Mumbai: In an unprecedented move, top honchos from fiercely competitive TV broadcast industry on Friday came together against regulator Trai's new tariff order on Friday, saying pricing caps on channels will stifle content creation, impact jobs and pull down growth.
The Telecom Regulatory Authority of India's (Trai) move aimed at reducing charges for subscribers is micro-regulation and puts the industry's future in "jeopardy", the lobby grouping Indian Broadcasting Federation (IBF) said.
In the second major change in a year, Trai had capped individual channel subscription at Rs 12 per month, down from the earlier Rs 19, and capped channel bundle discount to 33%, among other moves. The moves are effective from January 1 and analysts had opined this will reduce cable TV subscription charges by 14%.

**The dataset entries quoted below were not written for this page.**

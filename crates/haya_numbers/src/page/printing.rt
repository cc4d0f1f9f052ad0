//! Prints pages.
ghost use Rattle.std.specs.Prelude.{Some};
ghost use Rattle.haya_numbers.specs.Pages.{part_view, parts};
ghost use Rattle.haya_numbers.specs.PagesPrinted.{shown_pages, shown_part};

use crate::{PageRanges, PageRangesPart};
use std::fmt;

impl fmt::Display for PageRangesPart {
    ghost output = { λ p. Some (shown_part (part_view p)) };

    /// The separator, the page, or both ends of the range with a hyphen between them.
    fn fmt<W: fmt::Write>(&self, f: &mut fmt::Formatter<W>) -> fmt::Result {
        match self {
            PageRangesPart::Ampersand => write!(f, "&"),
            PageRangesPart::Comma => write!(f, ", "),
            PageRangesPart::SinglePage(page) => write!(f, "{page}"),
            PageRangesPart::EscapedRange(start, end) | PageRangesPart::Range(start, end) => {
                write!(f, "{start}-{end}")
            }
        }
    }
}

impl fmt::Display for PageRanges {
    ghost output = { λ v. Some (shown_pages (parts v)) };

    /// The parts in order.
    fn fmt<W: fmt::Write>(&self, f: &mut fmt::Formatter<W>) -> fmt::Result {
        for part in &self.ranges {
            write!(f, "{part}")?;
        }
        Ok(())
    }
}
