//! The calendar, which is that of the crate `jiff`.
ghost use Rattle.std.specs.Prelude.{◌≡◌, ◌+◌, ◌<◌, ◌≤ℤ◌, pos, negsuc, true};
ghost use Rattle.haya_time.specs.DateCalendar.{is_month, has_day};
ghost use Rattle.haya_time.specs.DateReadBack.{is_on_calendar};

// Whether a year has the month, counted from 1.
pub(super) fn is_month(month: u8) -> bool
    ensures { result ≡ is_month month }
{
    1 <= month && month <= 12
}

// Whether the month of that year has the day, both counted from 1.
pub(super) fn has_day(year: i16, month: u8, day: u8) -> bool
    requires year_low { negsuc 9998 ≤ℤ year }
    requires year_high { year ≤ℤ pos 9999 }
    requires month { is_month month ≡ true }
    requires day { day < 128 }
    ensures { result ≡ has_day year month day }
{
    jiff::civil::Date::new(year, month as i8, day as i8).is_ok()
}

// Whether the calendar has this month and day of the year, if they are told, each less one. No day
// is told without its month.
pub(super) fn is_on_calendar(year: i16, month: Option<u8>, day: Option<u8>) -> bool
    requires year_low { negsuc 9998 ≤ℤ year }
    requires year_high { year ≤ℤ pos 9999 }
    ensures { result ≡ is_on_calendar year month day }
{
    match (month, day) {
        (None, day) => day.is_none(),
        (Some(month), None) => has_month(month),
        (Some(month), Some(day)) => has_month(month)
            && day < 31
            && has_day(year, month + 1, day + 1),
    }
}

// Whether a year has the month, counted from 0.
fn has_month(month: u8) -> bool
    ensures { result ≡ is_month (month + 1) }
{
    month < 12
}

"We want a stable and consistent regulatory regime for us to strategise better," N P Singh, the IBF president and the head of Sony Pictures Networks India, told reporters. He added that such a move will stifle content creation, impact jobs and also economic growth.
He said Trai has come out with 36 tariff orders in the 15 years of its existence, and termed a few of the recent decisions as "arbitrary" taken without any data or consumer insights.
The new set of guidelines are biased against bouquet offerings and the regulations should be non-discriminatory, he said.